Time has come to go ridin, Im leavin late next week. Anyone have any other ideas for me to check out some other places to ride?


----------



## drtj (May 3, 2009)

It sure is some beautiful country out there. I've been to steamboat springs, Colorado Springs. If u have time go to the royal gorge. I think that's what its called. U can fly out over the river on a big swing type thing. Its AWESOME! I wouldn't mind living there.


----------



## BleednGreen68 (Apr 19, 2010)

I will def have to check that out. I've heard about it. Yea I want to move there so bad! I love snow, its not as hot as ks is in the summer and there is so much to do there for riding. KS dont have anything! I love just pullin off a mtn road and just camp. Its so cool and its free. How many days could you spend at steamboat springs riding? I have a week to ride.


----------



## drtj (May 3, 2009)

I don't know about the riding. I was out there 15 yrs ago. We've been to a lot of places there but its been a while since I been. My aunt lives just south of Denver so she would take us everywhere.


----------



## BleednGreen68 (Apr 19, 2010)

Any other places you recommend for riding?
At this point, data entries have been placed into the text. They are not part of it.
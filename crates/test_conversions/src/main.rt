// Prints what each sheet of the file `cases` is carried over to, in six columns and then in four.
#![tactic(auto)]

use std::io;

fn convert(rt: &(impl Print + Eprint), bytes: &[u8]) {
    console::write_print(rt, bytes, [0; 2048], conversion::to_six_columns);
    console::write_print(rt, bytes, [0; 2048], conversion::to_four_columns);
}

fn main(rt: HostRuntime) -> io::Result<()> {
    let mut space = [0u8; console::MOST_READ];
    test_records::each_sheet(&rt, &mut space, |bytes| convert(&rt, bytes))
}
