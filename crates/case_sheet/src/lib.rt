// Reading a case sheet: a line of fields, each a number in its columns, then lines of one field, a table's entries. The edition says how many
// columns there are, and the largest number.
#![tactic(auto)]

ghost use Rattle.std.specs.Prelude.{◌≡◌, ◌*◌, ◌≤◌, ◌<◌, length};
ghost use Rattle.buffers.specs.Written.{in_front};
ghost use Rattle.case_sheet.specs.Edition.{four_columns as edition_four_columns, six_columns as edition_six_columns};
ghost use Rattle.case_sheet.specs.Sheet.{item as sheet_item, size as sheet_size, leading as sheet_leading, complete as sheet_complete};
ghost use Rattle.case_sheet.specs.Sheet.{numbers_of, table_of, lines_of, case_read, sheet_of};

use lookup::Case;

// A case sheet that was read: its case, and how many table entries it has.
#[derive(Clone, Copy)]
pub struct Sheet {
    pub case: Case,
    pub entries: usize,
}

// An edition of the sheets: how many columns a number has, and the largest number.
#[derive(Clone, Copy)]
pub struct Edition {
    pub columns: usize,
    pub most: u16,
}

pub fn four_columns() -> Edition
    ensures { result ≡ edition_four_columns }
{
    Edition {
        columns: 4,
        most: 255,
    }
}

pub fn six_columns() -> Edition
    ensures { result ≡ edition_six_columns }
{
    Edition {
        columns: 6,
        most: 65535,
    }
}

// Reads the bench's sheet, whose case line has ten numbers of six columns; there is none where the input is malformed. The table is left as
// `read_numbers` leaves it.
pub fn read(input: &[u8], table: &mut [u32; 256]) -> Option<Sheet>
    ensures value { result ≡ sheet_of input.now }
    ensures table_after { table.new ≡ in_front (table_of edition_six_columns 10 input.now) table.old }
{
    let mut numbers = [0u32; 10];
    let entries = read_numbers(input, six_columns(), &mut numbers, table)?;
    let case = case_from(numbers);
    Some(Sheet { case, entries })
}

// Reads the whole sheet, with a field on its case line for each of the numbers, and returns how many table entries it has, if it is not
// malformed. Numbers and columns are few, so that the line's length fits: hence the `requires`. What the fields and the table's lines hold
// stands in front in the numbers and in the table, up to the first that is malformed; the rest of both is unchanged.
pub fn read_numbers(
    input: &[u8],
    edition: Edition,
    numbers: &mut [u32],
    table: &mut [u32; 256],
) -> Option<usize>
    requires { (edition.columns ≤ 256) × (length numbers.old ≤ 256) }
    ensures value { result ≡ lines_of edition (length numbers.old) input.now }
    ensures numbers_after { numbers.new ≡ in_front (numbers_of edition (length numbers.old) input.now)
        numbers.old }
    ensures table_after { table.new ≡ in_front (table_of edition (length numbers.old) input.now)
        table.old }
{
    let fields = numbers.len();
    let found = leading(input, edition, false, numbers);
    let start = edition.columns * fields + 1;
    if input.len() < start {
        return None;
    }
    let entries = leading(&input[start..], edition, true, table);
    if complete(edition, fields, found, entries, input) {
        Some(entries)
    } else {
        None
    }
}

// Reads the fields or lines in front, as many as there is room for the numbers, up to the first that is malformed.
fn leading(input: &[u8], edition: Edition, line: bool, numbers: &mut [u32]) -> usize
    requires { edition.columns ≤ 256 }
    ensures value { result ≡ length (sheet_leading edition line (length numbers.old) input.now) }
    ensures numbers_after { numbers.new ≡ in_front (sheet_leading edition line (length numbers.old) input.now)
        numbers.old }
{
    let mut rest = input;
    for (i, number) in numbers.iter_mut().enumerate() {
        let Some(value) = item(rest, edition, line) else {
            return i;
        };
        *number = u32::from(value);
        rest = &rest[size(edition, line)..];
    }
    numbers.len()
}

// The field in front; where it is a line, a line feed stands behind it.
fn item(bytes: &[u8], edition: Edition, line: bool) -> Option<u16>
    requires { edition.columns ≤ 256 }
    ensures { result ≡ sheet_item edition line bytes.now }
{
    let columns = edition.columns;
    if bytes.len() < size(edition, line) {
        return None;
    }
    if line && bytes[columns] != b'\n' {
        return None;
    }
    field::read(&bytes[..columns], columns, edition.most)
}

#[tactic(auto, unfolding(crate::specs::Sheet::size))]
fn size(edition: Edition, line: bool) -> usize
    requires { edition.columns ≤ 256 }
    ensures { result ≡ sheet_size edition line }
{
    if line {
        edition.columns + 1
    } else {
        edition.columns
    }
}

// A number in each field, a line feed, table lines, and nothing behind them. The case line is there, and there are at most 256 columns, fields
// and entries, so it has a `requires`.
#[tactic(auto, unfolding(crate::specs::Sheet::complete))]
fn complete(edition: Edition, fields: usize, numbers: usize, entries: usize, input: &[u8]) -> bool
    requires { (edition.columns * fields < length input.now) × (edition.columns ≤ 256) × (fields ≤ 256) × (entries ≤ 256) }
    ensures { result ≡ sheet_complete edition fields numbers entries input.now }
{
    let feed = edition.columns * fields;
    let ended = input[feed] == b'\n';
    let size = feed + 1 + (edition.columns + 1) * entries;
    numbers == fields && ended && size == input.len()
}

// The case of the ten numbers of its line.
#[tactic(auto, unfolding(crate::specs::Sheet::case_read))]
fn case_from(numbers: [u32; 10]) -> Case
    ensures { result ≡ case_read numbers }
{
    let [method, n, m, x0, r1, r2, s1, s2, r3, b] = numbers;
    Case {
        method,
        n,
        m,
        x0,
        r1,
        r2,
        s1,
        s2,
        r3,
        b,
    }
}
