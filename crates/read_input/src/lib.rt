// How much of its input a program reads: as much as decides what it prints. The decision is a function of the bytes that were read, and the room for
// them is asked of the caller: there is no heap, so that the input stands in a lent slice, and how much of it was read beside it.
#![tactic(auto)]

ghost use Rattle.std.specs.Prelude.{◌≡◌, ◌⊎◌, ℕ, ◌+◌, ◌≤◌, ◌<◌, IfOk, OnErr, IsTrue, length, take, drop};
ghost use Rattle.std.specs.Io.KnownBytes.{Consumes, IsAtEnd, Keeps};
ghost use Rattle.read_first.specs.Cut.{input_room};
ghost use Rattle.read_input.specs.Counts.{IsPrefixLen};
ghost use Rattle.read_input.specs.Known.{known_by, known_for, text_known};

use command::Command;
use read_first::first_line;
use refusals::limits::MAX_BYTES;
use std::io;
use std::io::Read;

// The bytes of the longest line `(first N)`.
const LINE: usize = 19;

// The bytes of a text that decide, and those of an input, a line `(first N)` and a text.
const TEXT: usize = MAX_BYTES + 1;

pub const INPUT: usize = LINE + TEXT;

// Whether the bytes so far of an input with a first line decide, whatever follows: there are enough of them, or their first line is bad.
fn input_known(input: &[u8]) -> bool
    ensures { result ≡ known_by input.now }
{
    if input.len() < LINE {
        return false;
    }
    if INPUT <= input.len() {
        return true;
    }
    first_line(input).is_none()
}

// Whether those of a text alone decide.
#[tactic(auto, unfolding(crate::specs::Known::text_known))]
fn text_known(text: &[u8]) -> bool
    ensures { result ≡ text_known text.now }
{
    TEXT <= text.len()
}

// Whether the bytes so far decide what a command prints.
#[tactic(auto, unfolding(crate::specs::Known::known_for))]
pub fn known(command: Command, input: &[u8]) -> bool
    ensures { result ≡ known_for command input.now }
{
    match command {
        Command::Lift => input_known(input),
        Command::Read => text_known(input),
        Command::Blocks => text_known(input),
        Command::Help => true,
        Command::Unknown => true,
    }
}

// Reads once, behind the first `n` bytes: how many bytes came. None come only at the end, where there is room for one.
fn more<R: Read>(reader: &mut R, input: &mut [u8], n: usize) -> io::Result<usize>
    requires { n ≤ length input.old }
    ensures within { IfOk result (λ got. n + got ≤ length input.new) }
    ensures kept { take n input.new ≡ take n input.old }
    ensures came { IfOk result (λ got. Consumes (R.remaining reader.old) (R.remaining reader.new) (take got (drop n input.new))) }
    ensures none_came { IfOk result (λ got. got ≡ 0 → n < length input.old → IsAtEnd (R.remaining reader.new)) }
    ensures failed { OnErr result (Keeps (R.remaining reader.old) (R.remaining reader.new)) }
{
    reader.read(&mut input[n..])
}

// Reads until it is known what a command prints, or the input ends: how many bytes of it stand there. After an error too, no byte is lost that was read.
pub fn read<R: Read>(reader: &mut R, command: Command, input: &mut [u8]) -> io::Result<usize>
    requires { input_room ≤ length input.old }
    ensures count { IfOk result (λ n. IsPrefixLen n input.new) }
    ensures bytes { IfOk result (λ n. Consumes (R.remaining reader.old) (R.remaining reader.new) (take n input.new)) }
    ensures decided { IfOk result (λ n. IsTrue (known_for command (take n input.new)) ⊎ IsAtEnd (R.remaining reader.new)) }
    ensures none_lost { (n : ℕ) × (n ≤ length input.new) × Consumes (R.remaining reader.old) (R.remaining reader.new) (take n input.new) }
{
    let mut n: usize = 0;
    while !known(command, &input[..n]) {
        let got = more(reader, input, n)?;
        if got == 0 {
            return Ok(n);
        }
        n += got;
    }
    Ok(n)
}
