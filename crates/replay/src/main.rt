// Runs stored cases: reads a batch on standard input, case by case, and prints what the command that a case names prints for its input.
#![tactic(auto)]

ghost use Rattle.std.specs.Prelude.{◌≡◌, ◌+◌, ◌-◌, ◌^◌, ◌≤◌, ◌<◌, IfOk, IfSome, OnOk, length, take};
ghost use Rattle.std.specs.Io.KnownBytes.{Appends};
ghost use Rattle.command.specs.Opened.{line_room};
ghost use Rattle.read_first.specs.Cut.{input_room};
ghost use Rattle.read_cases.specs.Held.{CountsWithin};
ghost use Rattle.read_cases.specs.Kept.{end_mark};
ghost use Rattle.print_room.specs.Most.{max_case};
ghost use Rattle.replay.specs.Batch.{Rests, TurnsWell, batch_bytes, printed_if};

use print_command::print_case_by;
use print_room::ROOM;
use read_cases::{State, refilled, rested, taken, unmarked};
use std::io;
use std::io::{Read, Write};

// The bytes of a piece at most.
const PIECE: usize = 65536;

// A case that has ended is run.
fn run<W: Write>(writer: &mut W, out: &mut [u8], text: &[u8], state: State) -> io::Result<State>
    requires within { CountsWithin 65536 (length text.now) state }
    requires room { max_case ≤ length out.old }
    ensures counts { IfOk result (CountsWithin 65536 (length text.now)) }
    ensures rested { IfOk result (Rests state) }
    ensures printed { OnOk result (Appends (W.contents writer.old) (W.contents writer.new) (printed_if state.matched (take (state.len - 3) text.now))) }
    ensures out_len_unchanged { length out.new ≡ length out.old }
{
    if state.matched == 4 {
        print_case_by(writer, out, unmarked(text, state.len))?;
    }
    Ok(rested(state))
}

// Takes what follows of the last piece, up to the end of a case, or reads the next one.
fn step<R: Read, W: Write>(
    reader: &mut R,
    writer: &mut W,
    out: &mut [u8],
    buffer: &mut [u8],
    text: &mut [u8],
    state: State,
) -> io::Result<State>
    requires { CountsWithin 65536 (length text.old) state × (length buffer.old ≡ 65536) × (max_case ≤ length out.old) }
    ensures state { IfOk result (CountsWithin 65536 (length text.new)) }
    ensures rooms { (length text.new ≡ length text.old) × (length buffer.new ≡ 65536) × (length out.new ≡ length out.old) }
    ensures turn { IfOk result (λ next. TurnsWell (W.contents writer.old) (W.contents writer.new) (R.remaining reader.old) (R.remaining reader.new) buffer.old text.old state buffer.new text.new next) }
{
    let till = state.till;
    if state.from < till {
        let next = taken(&buffer[..till], text, state);
        return run(writer, out, text, next);
    }
    refilled(reader, buffer, state)
}

// Case by case, to the end of the batch. A proved loop has to end, so its turns are bounded, by a number that no run uses up.
fn all<R: Read, W: Write>(
    reader: &mut R,
    writer: &mut W,
    out: &mut [u8],
    buffer: &mut [u8],
    text: &mut [u8],
) -> io::Result<()>
    requires { (length buffer.old ≡ 65536) × (max_case ≤ length out.old) }
    ensures printed { OnOk result (IfSome (R.remaining reader.old) (λ batch. line_room + input_room + length end_mark ≤ length text.old → length batch < 2 ^ 63 → Appends (W.contents writer.old) (W.contents writer.new) (batch_bytes batch))) }
{
    let mut state = read_cases::start();
    for _ in 0..u64::MAX {
        if !state.more {
            break;
        }
        state = step(reader, writer, out, buffer, text, state)?;
    }
    Ok(())
}

// Answers a batch: for each of its cases it prints what the case's command prints for its input, and a line `%%`.
fn answer<R: Read, W: Write>(reader: &mut R, writer: &mut W) -> io::Result<()>
    ensures printed { OnOk result (IfSome (R.remaining reader.old) (λ batch. length batch < 2 ^ 63 → Appends (W.contents writer.old) (W.contents writer.new) (batch_bytes batch))) }
{
    let mut out = [0u8; ROOM];
    let mut buffer = [0u8; PIECE];
    let mut text = read_cases::room();
    all(reader, writer, &mut out, &mut buffer, &mut text)
}

fn main(rt: HostRuntime) -> io::Result<()> {
    answer(&mut rt.reader(), &mut io::writer(&rt))
}
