// The lines of a list, from its words, put into a slice of bytes that the caller lends. The result is the count of the bytes, of which those past the
// slice's end are not stored.
#![tactic(auto)]

ghost use Rattle.std.specs.Prelude.{◌≡◌, ◌<◌, length};
ghost use Rattle.lifting.specs.Words.{inst_from, list_from};
ghost use Rattle.print_bytes.specs.Put.{PutBytes};
ghost use Rattle.print_bytes.specs.Prints.{Prints};
ghost use Rattle.print_bytes.specs.Shown.{inst_bytes, list_bytes};
ghost use Rattle.print_bytes.specs.Lines.{head_bytes};
ghost use Rattle.print_bytes.specs.Taken.{head_from, inst_size, Next};

use print_bytes::Printer;
use print_forms::{put_id_form, put_imm_form, word};

// `(OPCODE ATTRS TYPE RESULT`.
fn put_head(out: &mut Printer, opcode: u32, attrs: u32, ty: u32, res: u32)
    ensures { Prints out.old (head_bytes opcode attrs ty res) out.new }
{
    out.put_byte(b'(');
    out.put_number(opcode);
    out.put_field(attrs);
    out.put_field(ty);
    out.put_field(res);
}

// `(OPCODE ATTRS TYPE RESULT` of the instruction whose words stand at the front of these.
fn put_front(out: &mut Printer, words: &[u32])
    ensures { Prints out.old (head_from words.now) out.new }
{
    put_head(
        out,
        word(words, 0),
        word(words, 1),
        word(words, 2),
        word(words, 3),
    );
}

// The line of that instruction.
fn put_inst(out: &mut Printer, words: &[u32])
    ensures { Prints out.old (inst_bytes (inst_from words.now).got) out.new }
{
    put_front(out, words);
    put_imm_form(out, words);
    put_id_form(out, words);
    out.put_bytes(b")\n");
}

// How many words that instruction has.
fn inst_size(words: &[u32]) -> usize
    ensures { result ≡ inst_size words.now }
{
    let imms = word(words, 4) as usize;
    6 + 3 * imms + word(words, 5 + 3 * imms) as usize
}

// The place behind the instruction at a place, or the end of the words.
fn next_inst(words: &[u32], from: usize) -> usize
    requires { from < length words.now }
    ensures { Next words.now from result }
{
    let size = inst_size(&words[from..]);
    if size < words.len() - from {
        return from + size;
    }
    words.len()
}

// The lines of the instructions whose words these are.
pub fn list(words: &[u32], out: &mut [u8]) -> usize
    ensures { PutBytes out.old 0 (list_bytes (list_from words.now)) out.new result }
{
    let mut lines = Printer { out, at: 0 };
    let mut from: usize = 0;
    while from < words.len() {
        put_inst(&mut lines, &words[from..]);
        from = next_inst(words, from);
    }
    lines.at
}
I also love exploring the old mining camps and mines. We saw lots of old cabins in the san isabelle forest.


----------



## drtj (May 3, 2009)

Not any I can think of. Make sure to take plenty of pics.


----------



## BleednGreen68 (Apr 19, 2010)

Oh yea, will have tons. I took lots last time. I got to remember to clear the memory cards before I leave!


----------